The oncology community shouldn’t be rushing to prescribe the CDK 4/6 inhibitor abemaciclib (Verzenio) for early breast cancer. There are still too many unknowns, given the lack of overall survival benefit observed so far, and too much risk of harm, given the reported side effects and high cost of treatment.
Considering the dubious or even non-existent benefit in a small percentage of patients, it may be premature to recommend adjuvant abemaciclib to patients with early breast cancer without waiting for mature data.
Abemaciclib and its rival CDK 4/6 inhibitors palbociclib and ribociclib are currently standard of care for advanced/metastatic hormone receptor (HR)– positive, HER2-negative breast cancer.
For now, it’s safe to say that CDK 4/6 inhibitors can be reserved for later lines of therapy.
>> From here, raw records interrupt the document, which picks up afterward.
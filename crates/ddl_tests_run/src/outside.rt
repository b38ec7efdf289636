use ddl_outside::{
    Files, Filled, HostFiles, HostOut, Length, MemFiles, MemSink, Piece, Sink, Took, Whole,
    Written, fill, read_whole, write_whole,
};
use std::fs;
use std::test::Fail;

/// The last file under a name counts, zeros are there, and the call that is told fails.
#[test]
fn files_in_memory(rt: HostRuntime) -> Result<(), Fail> {
    let alloc = rt.alloc();
    let mut files = MemFiles::new(alloc);
    files.add("a", b"old".to_vec(alloc)?)?;
    files.add("a", b"newer".to_vec(alloc)?)?;
    files.add_zeros("z", 1 << 40)?;
    files.fail_at(3)?;
    assert!(rt; files.length("b") == Length::Absent);
    assert!(rt; files.length("z") == Length::Bytes(1 << 40));
    assert!(rt; files.length("a") == Length::Failed);
    let mut bytes = [1u8; 8];
    if let Length::Bytes(5) = files.length("a") {
        assert!(rt; files.read("a", 1, &mut bytes) == Piece::Got(4));
        assert!(rt; files.read("a", 5, &mut bytes) == Piece::End);
    }
    assert_eq!(rt; bytes.as_slice(), b"ewer\x01\x01\x01\x01".as_slice());
    Ok(())
}

/// A write takes what fits.
#[test]
fn sink_in_memory(rt: HostRuntime) -> Result<(), Fail> {
    let mut out = MemSink::new(rt.alloc(), 7)?;
    out.fail_at(2)?;
    assert!(rt; out.write(b"abcd") == Took::Took(4));
    assert!(rt; out.write(b"efgh") == Took::Failed);
    assert!(rt; out.write(b"efgh") == Took::Took(3));
    assert!(rt; write_whole(&mut out, b"h") == Written::Failed);
    assert_eq!(rt; out.bytes(), b"abcdefg".as_slice());
    Ok(())
}

#[test]
fn reads_a_real_file(rt: HostRuntime) -> Result<(), Fail> {
    let alloc = rt.alloc();
    fs::write(&rt, "held", "hello")?;
    let mut files = HostFiles::new(alloc, &rt);
    assert!(rt; files.length("held") == Length::Bytes(5));
    assert!(rt; files.length("absent") == Length::Absent);
    let mut bytes = [0u8; 4];
    if let Length::Bytes(5) = files.length("held") {
        assert!(rt; fill(&mut files, "held", 1, &mut bytes) == Filled::Whole);
    }
    assert_eq!(rt; bytes.as_slice(), b"ello".as_slice());
    Ok(())
}

#[test]
fn writes_to_a_writer(rt: HostRuntime) -> Result<(), Fail> {
    let mut text = Vec::new(rt.alloc());
    let mut out = HostOut::new(&mut text);
    assert!(rt; out.write(b"line\n") == Took::Took(5));
    assert!(rt; write_whole(&mut out, b"rest") == Written::Whole);
    drop(out);
    assert_eq!(rt; text.as_slice(), b"line\nrest".as_slice());
    Ok(())
}

/// A file is read whole where it is no longer than asked for.
#[test]
fn a_whole_file(rt: HostRuntime) -> Result<(), Fail> {
    let alloc = rt.alloc();
    let mut files = MemFiles::new(alloc);
    files.add("A", b"abc".to_vec(alloc)?)?;
    let whole = read_whole(alloc, &mut files, "A", 3)?;
    assert!(rt; matches!(&whole, Whole::Bytes(bytes) if bytes.as_slice() == b"abc".as_slice()));
    let longer = read_whole(alloc, &mut files, "A", 2)?;
    assert!(rt; matches!(longer, Whole::Longer(3)));
    Ok(())
}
Last October, the US Food and Drug Administration approved the use of abemaciclib with endocrine therapy in the adjuvant setting for women with early HR-positive, HER2-negative breast cancer who are at high risk for relapse and who have a Ki-67 score of 20% or higher.
At the time, drugmaker Eli Lilly noted in a press release that the approval made abemaciclib the first add-on that was approved for adjuvant endocrine therapy in nearly 20 years. A researcher on the company’s approval study called the new indication “practice-changing” and said this combination could become a new standard of care.
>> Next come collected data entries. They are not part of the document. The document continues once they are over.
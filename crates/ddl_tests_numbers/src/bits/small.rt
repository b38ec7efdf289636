//! Each layout of at most four bits, three constructors and two parts, against a trial of all numbers.
ghost use Rattle.ddl_bits.specs.Accepted.{PartAccepted, PartsAccepted};
ghost use Rattle.ddl_bits.specs.Verdict.{HasAcceptedParts};
ghost use Rattle.ddl_bits.specs.View.{con_view, layout_view, part_view};
ghost use Rattle.std.specs.Prelude.{◌≤◌, IfOk};

use ddl_base::NoMemory;
use ddl_bits::{BitError, Gap, Layout, LayoutCon, LayoutPart, check, covered};
use ddl_samples::layouts::{alone, any, any_of_three, either, given, one, two};
use std::alloc::Global;

/// A part: bits that are given, or any.
#[derive(Clone, Copy)]
struct Piece {
    bits: Option<u128>,
    width: u32,
    ghost some: { 1 ≤ width },
    ghost few: { width ≤ 4 },
}

/// A constructor of one part or of two.
#[derive(Clone, Copy)]
struct Row {
    high: Piece,
    low: Option<Piece>,
}

/// Each part of this width.
fn pieces(alloc: Global, width: u32) -> Result<Vec<Piece>, NoMemory>
    requires some { 1 ≤ width }
    requires few { width ≤ 4 }
{
    let mut all = Vec::new(alloc);
    all.push(Piece { bits: None, width })?;
    for bits in 0..1 << width {
        all.push(Piece {
            bits: Some(bits),
            width,
        })?;
    }
    Ok(all)
}

/// Each constructor of two parts whose second has this width.
fn add_pairs(alloc: Global, all: &mut Vec<Row>, upper: u32, lower: u32) -> Result<(), NoMemory>
    requires some_upper { 1 ≤ upper }
    requires few_upper { upper ≤ 4 }
    requires some_lower { 1 ≤ lower }
    requires few_lower { lower ≤ 4 }
{
    let lows = pieces(alloc, lower)?;
    for high in &pieces(alloc, upper)? {
        for low in &lows {
            all.push(Row {
                high: *high,
                low: Some(*low),
            })?;
        }
    }
    Ok(())
}

/// Each constructor of this width.
fn rows(alloc: Global, width: u32) -> Result<Vec<Row>, NoMemory>
    requires some { 1 ≤ width }
    requires few { width ≤ 4 }
{
    let mut all = Vec::new(alloc);
    for high in &pieces(alloc, width)? {
        all.push(Row {
            high: *high,
            low: None,
        })?;
    }
    for lower in 1..width {
        add_pairs(alloc, &mut all, width - lower, lower)?;
    }
    Ok(all)
}

fn piece_fits(piece: Piece, number: u128) -> bool {
    match piece.bits {
        None => true,
        Some(bits) => bits == number,
    }
}

fn row_fits(row: Row, number: u128) -> bool {
    match row.low {
        None => piece_fits(row.high, number),
        Some(low) => {
            let size = 1 << low.width;
            piece_fits(row.high, number / size) && piece_fits(low, number % size)
        }
    }
}

fn part(piece: Piece) -> LayoutPart
    ensures { PartAccepted (part_view result) }
{
    match piece.bits {
        None => any(piece.width),
        Some(bits) => given(bits, piece.width),
    }
}

fn con(alloc: Global, row: Row) -> Result<LayoutCon, NoMemory>
    ensures { IfOk result (λ c. PartsAccepted (con_view c)) }
{
    match row.low {
        None => one(alloc, part(row.high)),
        Some(low) => two(alloc, part(row.high), part(low)),
    }
}

/// The least number that both have.
fn least_of_both(a: Row, b: Row, size: u128) -> Option<u128> {
    for number in 0..size {
        if row_fits(a, number) && row_fits(b, number) {
            return Some(number);
        }
    }
    None
}

/// The first overlap of the constructor at this place with a later one.
fn overlap_of(row: Row, place: usize, rows: &[Row], size: u128) -> Option<BitError> {
    for (other, later) in rows.iter().enumerate() {
        if place < other {
            if let Some(number) = least_of_both(row, *later, size) {
                return Some(BitError::Overlap(place, other, number));
            }
        }
    }
    None
}

fn overlap(rows: &[Row], size: u128) -> Option<BitError> {
    for (place, row) in rows.iter().enumerate() {
        if let Some(error) = overlap_of(*row, place, rows, size) {
            return Some(error);
        }
    }
    None
}

fn some_row_fits(rows: &[Row], number: u128) -> bool {
    for row in rows {
        if row_fits(*row, number) {
            return true;
        }
    }
    false
}

fn coverage(rows: &[Row], size: u128) -> Result<(), Gap> {
    for number in 0..size {
        if !some_row_fits(rows, number) {
            return Err(Gap::Number(number));
        }
    }
    Ok(())
}

/// Whether `check` and `covered` say of these constructors what the trial says.
fn is_right(alloc: Global, layout: Layout, rows: &[Row], size: u128) -> bool
    requires { HasAcceptedParts (layout_view layout) }
{
    match check(alloc, layout) {
        Err(error) => overlap(rows, size) == Some(error),
        Ok(checked) => { overlap(rows, size) == None && covered(&checked) == coverage(rows, size) }
    }
}

fn third_is_right(
    alloc: Global,
    all: &[Row],
    first: Row,
    second: Row,
    size: u128,
) -> Result<bool, NoMemory> {
    for third in all {
        let layout = any_of_three(
            alloc,
            con(alloc, first)?,
            con(alloc, second)?,
            con(alloc, *third)?,
        )?;
        if !is_right(alloc, layout, &[first, second, *third], size) {
            return Ok(false);
        }
    }
    Ok(true)
}

fn second_is_right(alloc: Global, all: &[Row], first: Row, size: u128) -> Result<bool, NoMemory> {
    for second in all {
        let layout = either(alloc, con(alloc, first)?, con(alloc, *second)?)?;
        if !is_right(alloc, layout, &[first, *second], size)
            || !third_is_right(alloc, all, first, *second, size)?
        {
            return Ok(false);
        }
    }
    Ok(true)
}

fn all_are_right(alloc: Global, width: u32) -> Result<bool, NoMemory>
    requires some { 1 ≤ width }
    requires few { width ≤ 4 }
{
    let all = rows(alloc, width)?;
    let size = 1 << width;
    for first in &all {
        let layout = alone(alloc, con(alloc, *first)?)?;
        if !is_right(alloc, layout, &[*first], size)
            || !second_is_right(alloc, &all, *first, size)?
        {
            return Ok(false);
        }
    }
    Ok(true)
}

#[test]
fn small_layouts_are_judged_as_a_trial_judges(rt: HostRuntime) -> Result<(), NoMemory> {
    for width in 1..5 {
        assert!(rt; all_are_right(rt.alloc(), width)?);
    }
    Ok(())
}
A month later, the American Society of Clinical Oncology updated its guidelines to give a strong recommendation for the use of abemaciclib with adjuvant endocrine therapy for patients who meet the indication requirements.
As for uptake by the oncology community, Eli Lilly reported earning $384.3 million for abemaciclib in the US in the second quarter of 2022 — up 83% from the second quarter of 2021.
The approval was based on a significant improvement in invasive disease-free survival at 36 months — 79% with endocrine therapy alone, vs 86% with the addition of abemaciclib; however, invasive disease-free survival has not been validated as a surrogate for overall survival. And in the trial, an overall survival benefit had not emerged at 27 months.
And with a price tag of more than $300,000 over 2 years, the authors worry about “substantial financial toxicity” for a drug with “uncertain benefit” and “known toxicities.”
In addition, abemaciclib’s side effects are notable. Almost 50% of patients experienced grade 3 or higher adverse events with abemaciclib, vs 16% with placebo.
Another potential downside: Giving the drug too early might generate treatment-resistant clones, potentially wiping out a benefit from abemaciclib in the advanced/metastatic setting.
In fact, the possibility of a worse overall survival also exists, if early CDK 4/6 exposure leads to the development of an aggressive, treatment resistant clone.
The team also probed why another CDK 4/6 inhibitor, palbociclib, which has a similar mechanism of action to abemaciclib and is similar in efficacy for the treatment of metastatic disease, struck out twice in trials for early hormone- positive breast cancer — wondering, for instance, whether there is a “genuine difference” between the two that can explain the outcomes in the adjuvant setting.
Overall, the editorialists “urge caution” before accepting abemaciclib as standard of care in early breast cancer.